Tommy Dukes estalló en una carcajada.
—¡Adelante, par de cerebros! —dijo—. Mírenme. No realizo ningún trabajo intelectual puro y elevado, nada sino garabatear unas cuantas ideas. Y no me he casado ni persigo mujeres. Creo que Charlie tiene razón, si quiere correr detrás de las mujeres, es libre de hacerlo, no muy a menudo. Yo no se lo prohibiría. En cuanto a Hammond, tiene sentido de la propiedad, por lo tanto le van bien el camino recto y la puerta estrecha. Ya verán que será uno de nuestros hombres de letras antes de sucumbir. A B C de pies a cabeza. Falto yo. No soy nada. Un folletín. ¿Y qué hay de ti, Clifford? ¿Crees que el sexo es una dinamo que ayuda a los hombres a lograr el éxito?
En esos momentos Clifford hablaba poco, no se arriesgaba.
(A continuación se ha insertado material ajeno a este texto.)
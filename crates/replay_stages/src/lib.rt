//! The suite that a replay begins with: read from a text that the command names.
#![tactic(auto)]

mod suite;

pub use suite::suite_at;
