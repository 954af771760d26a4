//! Times lengths and searches on a generated network: `walk_speed NODES LINKS ROUNDS`. Each round takes the lengths of
//! the loads, searches from the next node, and adds to the loads of one path, as a worker does for a claim. The times go to standard error,
//! the sum of the distances to standard output.
#![tactic(auto)]

ghost use Rattle.std.specs.Prelude.{◌≡◌, ◌+◌, ◌-◌, ◌*◌, ◌<◌, ◌≤◌, length, All, IfOk};

use anyhow::{Context, Result, ensure};
use dijkstra_paths::{Graph, Scratch};
use fixed_exp::{LengthTable, Powers};
use flow_model::{Net, Setting};
use mcf_limits::{MAX_CELLS, MAX_LENGTH, MAX_NODES};
use solve_tests::{Words, loads, ring_network};
use std::alloc::Global;
use std::env;
use std::rt::Clock;
use std::time::Instant;

const SETTING: Setting = Setting {
    first: false,
    ref_cap: 7,
    ref_load: 3000,
    step: 8192,
};

fn add_path(loads: &mut [u64], path: Option<&[u16]>, amount: u64)
    requires small { All (λ x. x ≤ MAX_LENGTH) loads.old }
    ensures small { All (λ x. x ≤ MAX_LENGTH) loads.new }
{
    let path = match path {
        Some(path) => path,
        None => return,
    };
    for cell in path {
        let i = *cell as usize;
        if i < loads.len() {
            loads[i] = loads[i].saturating_add(amount).min(MAX_LENGTH);
        }
    }
}

// Nanoseconds of all rounds: of the table of lengths, of the lengths made anew, of the searches.
#[derive(Clone, Copy)]
struct Times {
    table: u128,
    anew: u128,
    search: u128,
}

impl Times {
    fn add(self, table: u128, anew: u128, search: u128) -> Times {
        Times {
            table: self.table.saturating_add(table),
            anew: self.anew.saturating_add(anew),
            search: self.search.saturating_add(search),
        }
    }
}

fn measure(
    rt: &impl Clock,
    alloc: Global,
    net: &Net,
    loads: &mut [u64],
    rounds: u64,
) -> Result<(Times, u64)>
    requires nodes { 2 ≤ net.now.nodes }
    requires count { length loads.old ≡ length net.now.cells }
    requires small { All (λ x. x ≤ MAX_LENGTH) loads.old }
{
    let nodes = u64::from(net.nodes());
    let powers = Powers::new();
    let graph = Graph::new(alloc, net)?;
    let mut table = LengthTable::new(alloc, &powers, net, &SETTING)?;
    let mut lengths = vec![in alloc; 0u64; loads.len()]?;
    let mut scratch = Scratch::new(alloc, nodes as u16, 0)?;
    let mut times = Times {
        table: 0,
        anew: 0,
        search: 0,
    };
    let mut far = 0u64;
    for round in 0..rounds {
        let start = Instant::now(rt)?;
        table.update(&powers, net, loads);
        let followed = start.elapsed(rt)?.as_nanos();
        let start = Instant::now(rt)?;
        powers.lengths(net, &SETTING, loads, &mut lengths);
        let anew = start.elapsed(rt)?.as_nanos();
        let start = Instant::now(rt)?;
        scratch.search(&graph, table.lengths(), (round % nodes) as u16);
        let search = start.elapsed(rt)?.as_nanos();
        let to = (round.wrapping_mul(7) % nodes) as u16;
        far = far.wrapping_add(scratch.dist(to).unwrap_or(0));
        add_path(loads, scratch.path_to(to), 1 + round % 100);
        times = times.add(followed, anew, search);
    }
    Ok((times, far))
}

fn main(rt: HostRuntime) -> Result<()> {
    let alloc = rt.alloc();
    let mut args = env::args(&rt)?;
    args.next();
    let nodes: u64 = args.next().context("NODES")?.parse()?;
    let links: u64 = args.next().context("LINKS")?.parse()?;
    let rounds: u64 = args.next().context("ROUNDS")?.parse()?;
    ensure!(nodes >= 2 && nodes <= u64::from(MAX_NODES), "nodes");
    ensure!(links <= u64::from(MAX_CELLS), "links");
    ensure!(rounds >= 1, "rounds");
    let mut words = Words::new(7);
    let net = ring_network(alloc, &mut words, nodes, links)?;
    let mut loads = loads(alloc, &mut words, links as usize, 10_000)?;
    let (times, far) = measure(&rt, alloc, &net, &mut loads, rounds)?;
    let rounds = u128::from(rounds);
    eprintln!(rt;
        "table {} anew {} search {}",
        times.table / rounds,
        times.anew / rounds,
        times.search / rounds
    )?;
    println!(rt; "sum {far}")?;
    Ok(())
}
Sus ideas no eran suficientemente vitales para hacerlo, se hallaba confundido y sensible. Se sonrojó, parecía incómodo.
—Bueno —dijo—, como estoy fuera de combate, no tengo nada que decir sobre ese tema.
—Para nada —dijo Dukes—. Tu parte superior no está fuera de combate. Tu vida cerebral está sana, intacta. Queremos escuchar tus ideas.
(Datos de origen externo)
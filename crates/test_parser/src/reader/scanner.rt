//! Small texts: where the stream ends, which faults there are and where, and what comes before a key.

use crate::helpers::expect;
use crate::reader::shown::{push_place, push_stop};
use saphyr_input::StrInput;
use saphyr_input::input::Input;
use saphyr_scalar::{Marker, Span};
use saphyr_scanner::{Scanner, TokenKind};
use std::alloc::Global;
use std::process::Abort;

// The most characters that a text may have, a text, and the line of its tokens: how each is printed, where the stream
// ends, or a fault and its place.
type Row<'a> = (usize, &'a str, &'a str);

// Adds the text of a token, if it has one.
fn push_word(line: &mut String, text: &str) {
    if !text.is_empty() {
        let _ = write!(line, "{text} ");
    }
}

// Adds what is told of the next token. Whether there is one.
fn push_next<T: Input>(line: &mut String, alloc: Global, scanner: &mut Scanner<T>) -> bool {
    let Ok(next) = scanner.peek() else {
        return push_stop(line, scanner.stop());
    };
    let Some(kind) = next else {
        return false;
    };
    let mut span = Span::empty(Marker::new(0, 0, 0));
    scanner.span_into(&mut span);
    let mut text = String::new(alloc);
    if scanner.take_text_into(&mut text).is_err() {
        return push_stop(line, scanner.stop());
    }
    let _ = write!(line, "{kind:?} ");
    push_word(line, &text);
    if kind == TokenKind::StreamEnd {
        push_place(line, "@ ", span.start);
        push_place(line, " ", span.end);
    }
    true
}

// Adds what is told of all tokens.
fn push_tokens<T: Input>(line: &mut String, alloc: Global, scanner: &mut Scanner<T>) {
    for _ in 0..usize::MAX {
        if !push_next(line, alloc, scanner) {
            break;
        }
    }
}

fn push_all<T: Input + Drop>(line: &mut String, alloc: Global, input: T, limit: usize) {
    let mut scanner = Scanner::new(alloc, input, limit);
    push_tokens(line, alloc, &mut scanner);
    drop(scanner);
}

fn has_tokens(alloc: Global, text: &str, limit: usize, wanted: &str) -> bool {
    let mut line = String::new(alloc);
    push_all(&mut line, alloc, StrInput::new(text), limit);
    line.as_str() == wanted
}

fn expect_tokens(rt: &impl Abort, alloc: Global, rows: &[Row]) {
    for &(limit, text, line) in rows {
        expect(rt, has_tokens(alloc, text, limit, line), text);
    }
}

const ROWS: &[Row] = &[
    // Where streams end.
    (100, "", "StreamStart StreamEnd @ 0,1,0 0,1,0"),
    (100, "# c", "StreamStart StreamEnd @ 3,2,0 3,2,0"),
    (100, " \t# c\r\n\n", "StreamStart StreamEnd @ 8,3,0 8,3,0"),
    // Where texts are refused.
    (100, "\0", "StreamStart ! UnprintableCharacter @ 0,1,0"),
    (
        100,
        " \u{FEFF}",
        "StreamStart ! MisplacedByteOrderMark @ 1,1,1",
    ),
    (4, "# abc", "StreamStart ! TextTooLong @ 5,1,5"),
    (100, "\n]", "StreamStart ! MisplacedBracket @ 1,2,0"),
    (
        100,
        "# c\n @",
        "StreamStart ! UnexpectedCharacter('@') @ 5,2,1",
    ),
    // A key comes before its token.
    (
        100,
        "*a : [*b : ]",
        "StreamStart BlockMappingStart Key Alias a Value FlowSequenceStart FlowMappingStart Key Alias b \
         Value FlowMappingEnd FlowSequenceEnd BlockEnd StreamEnd @ 12,2,0 12,2,0",
    ),
];

#[test]
fn shows_tokens(rt: HostRuntime) {
    expect_tokens(&rt, rt.alloc(), ROWS);
}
—Aun así —tartamudeó Clifford—, no dispongo de muchas ideas. Creo que casarse y que todo vaya bien representaría lo que pienso. Por supuesto, que un hombre y una mujer se cuiden entre sí es una gran cosa.
—¿Qué tiene de gran cosa? —preguntó Tommy.
—Pues... perfecciona la intimidad —dijo Clifford, incómodo como una mujer en ese tipo de charla.
—Bueno, Charlie y yo pensamos que el sexo es una especie de comunicación, como el habla. Si una mujer empieza una conversación sexual conmigo, me parece natural que la terminemos en la cama, en el momento oportuno. Por desdicha, no hay mujer que comience algo así conmigo, y por lo tanto me voy solo a la cama y eso no me hace peor. Al menos eso espero, porque ¿cómo voy a saberlo? De cualquier modo eso no interfiere con abstrusos cálculos astronómicos o con la escritura de obras maestras. Soy simplemente un compañero que fisgonea en el ejército.